Determination of Mn in spiked Ohio River water using SWCSV and the standard addition method. Samples were diluted 2× with 0.2 M borate buffer pH 9.0 and for standard addition of 50–200 ppb Mn. (a) Voltammograms of spiked sample and four additions of Mn standards and (b) standard addition curve after baseline subtraction.

In environmental samples, the potentially interfering species present in the sample can be broadly divided into nonelectroactive and electroactive components. The nonelectroactive components do not participate in the preconcentration and stripping of Mn, and thus do not impact sensor performance. The electroactive metal components, such as Fe2+, Fe3+, Cd2+, Cu2+, Ni2+, Zn2+, Pb2+, As3+, Se4+, can exist in any sample matrix. However, most of these species have very specific reduction/oxidation potentials and are not likely to interfere with Mn due to difference in the stripping potential. Also, previous work by Saterlay et al.[31] indicated that Zn2+, Cu2+, Pb2+, and Fe3+ have no measurable effect for Mn determination. Recent work by Banks et al.[4] and Locatelli and Torsi[21] independently confirmed that the only considerable interference in such measurements could be due to Fe2+, and that CSV is highly selective toward Mn. Thus, CSV is ideally suited for complex environmental samples such as those reported herein.

Conclusions

We demonstrated a palladium-based electrochemical sensor for CSV and demonstrated the determination of Mn in buffer and environmental water samples. Compared with ASV, CSV is a viable alternative for detecting metals whose reduction potentials are too negative for the potential window of common WEs in ASV. This work also showcases the flexibility of our copper-based sensor platform, which can be easily modified by simple coating of the WE surface. To our knowledge, this is also the first demonstration of Mn determination by CSV on a microscale sensor.

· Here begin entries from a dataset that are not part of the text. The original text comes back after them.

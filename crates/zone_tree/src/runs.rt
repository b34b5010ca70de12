//! Runs of records of one owner, in the order of their owners.

ghost use Rattle.std.specs.Prelude.{◌≡◌, ◌≤◌, ◌∷◌, ◌++◌, All, map, length, IfOk, OnOk};
ghost use Rattle.std.specs.List.{filter, flat_map};
ghost use Rattle.dns_data.specs.Name.{is_prefix};
ghost use Rattle.zone_tree.specs.Owners.{AreByOwner, leading};
ghost use Rattle.zone_tree.specs.Runs.{IsKeyedRun, keyed_cmp, records_in};

use dns_data::{Name, NoMemory, Rr};
use name_table::key_if_below;
use net_model::Zone;
use std::alloc::Global;
use std::cmp::Ordering;

/// Records of one owner that stand one behind the other, and the key of their owner below the origin.
#[derive(Clone, Copy, Debug)]
pub(crate) struct KeyedRun<'a> {
    pub key: u64,
    pub first: &'a Rr,
    pub rest: &'a [Rr],
}

/// The runs of the records at or below the origin in the order of their owners, those of one owner in file order.
pub(crate) fn runs_in_order<'a>(
    alloc: Global,
    zone: &'a Zone,
) -> Result<Vec<KeyedRun<'a>>, NoMemory>
    ensures { IfOk result (λ runs. AreByOwner zone.now runs.items) }
{
    let mut runs = keyed_runs(alloc, zone)?;
    runs.sort_by(|a, b| keyed_order(a, b))?;
    Ok(runs)
}

/// The runs of the records at or below the origin in file order, each with its key.
fn keyed_runs<'a>(alloc: Global, zone: &'a Zone) -> Result<Vec<KeyedRun<'a>>, NoMemory>
    ensures rrs { IfOk result (λ runs. flat_map records_in runs.items ≡ filter (λ rr. is_prefix zone.now.origin rr.owner) zone.now.rrs) }
    ensures each { IfOk result (λ runs. All (IsKeyedRun zone.now.origin) runs.items) }
{
    let mut runs = Vec::with_capacity(alloc, zone.rrs.items().len())?;
    let mut left = zone.rrs.items();
    while let Some((first, behind)) = left.split_first() {
        let (rest, next) = behind.split_at(run_len(behind, &first.owner));
        push_run(&mut runs, &zone.origin, first, rest)?;
        left = next;
    }
    Ok(runs)
}

/// Puts the run of a record and of others of its owner behind other runs, if the owner is at or below the origin.
fn push_run<'a>(
    runs: &mut Vec<KeyedRun<'a>>,
    origin: &Name,
    first: &'a Rr,
    rest: &'a [Rr],
) -> Result<(), NoMemory>
    requires { All (λ rr. rr.owner ≡ first.now.owner) rest.now }
    ensures rrs { OnOk result (flat_map records_in runs.new.items ≡ flat_map records_in runs.old.items ++ filter (λ rr. is_prefix origin.now rr.owner) (first.now ∷ rest.now)) }
    ensures each { All (IsKeyedRun origin.now) runs.old.items → OnOk result (All (IsKeyedRun origin.now) runs.new.items) }
{
    if let Some(key) = key_if_below(origin, &first.owner.labels()) {
        runs.push(KeyedRun { key, first, rest })?;
    }
    Ok(())
}

/// How many records at the front have this owner.
fn run_len(rrs: &[Rr], owner: &Name) -> usize
    ensures value { result ≡ leading owner.now (map (λ rr. rr.owner) rrs.now) }
    ensures within { result ≤ length rrs.now }
{
    let mut count = 0;
    for rr in rrs {
        if rr.owner != *owner {
            return count;
        }
        count += 1;
    }
    count
}

/// How keyed runs stand: as their keys do, or where these are one as their owners do.
fn keyed_order(a: &KeyedRun<'_>, b: &KeyedRun<'_>) -> Ordering
    ensures { result ≡ keyed_cmp a.now b.now }
{
    if a.key == b.key {
        a.first.owner.compare(&b.first.owner)
    } else {
        a.key.cmp(&b.key)
    }
}
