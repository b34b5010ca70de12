//! Nodes of a tree.

ghost use Rattle.std.specs.Prelude.{◌≡◌};

use std::marker::Model;

/// A node of a tree, which stands for one existing name of its zone: the name's place among them.
#[derive(Clone, Copy, Debug, PartialEq, Eq)]
pub struct NodeId {
    place: usize,
}

impl Model for NodeId {
    ghost use Rattle.std.specs.Prelude.{ℕ};

    ghost Value = { ℕ };

    ghost view = { λ node. node.place };

    ghost inverse = { λ place. record { place = place } };
}

impl NodeId {
    /// The node at a place.
    pub(crate) fn at(place: usize) -> NodeId
        ensures { result ≡ place }
    {
        NodeId { place }
    }

    /// The place of the node's name among the existing names of its zone, in order, counted from 0.
    pub fn place(&self) -> usize
        ensures value { result ≡ self.now }
    {
        self.place
    }
}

Several features make this sensor ideally suited for POC applications. First, Pd is a relatively low-cost electrode material compared to Au or Pt. Though Pd is not a commonly used material for electroanalytical systems, it provides stable potential as AE and sufficient potential window for CSV of Mn as WE. We also demonstrated that the sensor with a Cu/CuCl2 RE was sufficiently stable for CSV with a preconcentration time as long as 600 s. Thus, the sensors are qualified to be low-cost disposable sensors for POC instruments. Second, the microfabrication procedure of our palladium-based sensor is relatively simple. Microfabrication offers the potential for mass production, which can further reduce the cost of the sensor. Simple fabrication also helps to reduce the device-to-device variation, leading to relatively low 11% variability. This advantage is crucial for POC applications where disposable sensors are used, as it becomes possible to minimize errors introduced through sensor manufacturing.

Finally, the sensor offers competitive performance for electrochemical determination of Mn. By optimizing experimental parameters, the sensor exhibits LOD = 334 nM (18.3 ppb), good sensitivity of 0.106 μA/μM (5.575 μA/μM/cm2 normalized to WE area), and good linearity in the 455 nM to 10.9 μM range. This is a significant improvement in performance compared with our previous work. In experiments with water samples, good quality peaks were observed that can be used to quantify the concentration of Mn using the method of standard additions. Ultimately, while our miniaturized palladium-based voltammetric sensors are unable to match the precision and limits of detection of modern spectroscopic and mass spectrometry techniques, the measurements that they are able to do are in the relevant range and use low-cost materials with simple fabrication, which is more favorable for disposable sensors.